# off season



## bart (Jan 4, 2010)

with only a few days left of rabbit season how often do you guys run your dogs in the off season?i only have 1 right now so i guess i'm asking those of you with just 1 or 2 dogs. i figured those of you with more dogs run year round.mine lives inside and is only 1 yr old.:help:


----------



## Big City (Aug 31, 2009)

I feel if you want your 1yr old dog to be a good two year old hunting beagle next year, he should be ran at least once a week on average. If you just want to kill a couple rabbits then just make sure he's not 40lbs come next season. All depends on what you expect out of your dogs. Cant get much better without practice. 

I run mine 2 to 3 times a week on average, sometimes more. However, i compete, and travel long distances to do so at times, so i give them the training they need to get the most out of them both mentally, and physically. Its fun for me to try and figure a dog out to get them at there peak. 

Not all dogs need that, if you dont compete i think once a week is great if you can, but not many even do that.


----------



## michhutr (Jan 16, 2009)

when it gets hot run him early or just before dark.

Always have some water with you and more in the truck. Sometimes 20 minutes of running can waste them.

Good luck


----------



## micooner (Dec 20, 2003)

try running after dark for a new adventure, you won't believe the run you will get..


----------



## cj. (Oct 8, 2005)

micooner said:


> try running after dark for a new adventure, you won't believe the run you will get..


I've tried to run rabbits after dark... but I just keep treeing *****!!


----------



## loon_addict (Jan 29, 2009)

cj. said:


> I've tried to run rabbits after dark... but I just keep treeing *****!!

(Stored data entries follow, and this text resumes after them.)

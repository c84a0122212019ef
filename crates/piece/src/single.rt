// The one row of a gate, and of a fixed ratio.
ghost use Rattle.std.specs.Prelude.{◌≡◌, eqb, if◌then◌else◌, Some, None};
ghost use Rattle.std.specs.List.{slice_get};
ghost use Rattle.piece.specs.Pieces.{rows_from};
ghost use Rattle.piece.specs.Shown.{gate_kind, fixed_kind};

use crate::rows::Rows;
use crate::shapes::{FixPiece, GatePiece};
use bank::FieldValue;
use part::{Row, RowNumber};

// The one row of a part without a rate field, which the value 0 names.
fn only_row(at: RowNumber, parent: u8, n: u16, d: u16) -> Option<Row>
    ensures { result ≡ slice_get (rows_from (λ _. Some (record { parent = parent; n = n; d = d })) 0 1) at.0 }
{
    let row = Row {
        value: FieldValue(0),
        parent,
        n,
        d,
    };
    (at.0 == 0).then_some(row)
}

fn only_row_of(value: FieldValue) -> Option<RowNumber>
    ensures { result ≡ (if eqb 0 value.0 then Some (record { 0 = 0 }) else None) }
{
    (value.0 == 0).then_some(RowNumber(0))
}

impl Rows for GatePiece {
    ghost kind = { gate_kind };

    fn row_count(&self) -> u16 {
        1
    }

    fn row(&self, at: RowNumber) -> Option<Row> {
        only_row(at, self.parent, 1, 1)
    }

    fn row_of(&self, value: FieldValue) -> Option<RowNumber> {
        only_row_of(value)
    }
}

impl Rows for FixPiece {
    ghost kind = { fixed_kind };

    fn row_count(&self) -> u16 {
        1
    }

    fn row(&self, at: RowNumber) -> Option<Row> {
        only_row(at, self.parent, self.n, self.d)
    }

    fn row_of(&self, value: FieldValue) -> Option<RowNumber> {
        only_row_of(value)
    }
}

You are supposed to let your dog do the work.


----------



## crittergitter71 (Feb 9, 2010)

loon_addict said:


> You are supposed to let your dog do the work.


 :lol:


----------



## michhutr (Jan 16, 2009)

Too hard to shoot them in the dark. I guess I could use a headlight or barrel light to help me out . Whats the bag limit for night hunting......:lol:


----------



## Jumpshootin' (Jul 6, 2000)

I'll run a dog as often as I can whether it's in-season or not. I just get a kick out of a hound running a bunny. I'd rather be in the field with a dog than watching TV or such.


----------



## packmaster (Mar 1, 2010)

I put most of the time in my younger dogs during off season.I very rarely will run them in a pack.lots of soloing.3 or 4 times a week.and at night.although once the perch start biting good,the dogs tend to stay in the kennel.


----------



## glongworth3232 (Oct 18, 2006)

Are u guys running private land??? I thought your were not allowed to run dogs from the end of rabbit season till July 15th I think. ( Not for sure on that date) Maybe Im wrong? Are the rules diffrent if its private land?


----------



## packmaster (Mar 1, 2010)

quite period is from april 15 thru july 8 this year.I am lucky and have access to an enclosed dnr licensed running area that I use during the off season.


----------



## glongworth3232 (Oct 18, 2006)

How does one go about getting some special permisson like that????


----------



## packmaster (Mar 1, 2010)

ifyou go to the dnr website,and search under dog training.the information is there.there is a form you will need to fill out.and send in.


----------



## Big City (Aug 31, 2009)

That or join a beagle club.


----------



## bjw (Dec 20, 2007)

Are there any beagle clubs in SW MI with running pens?


----------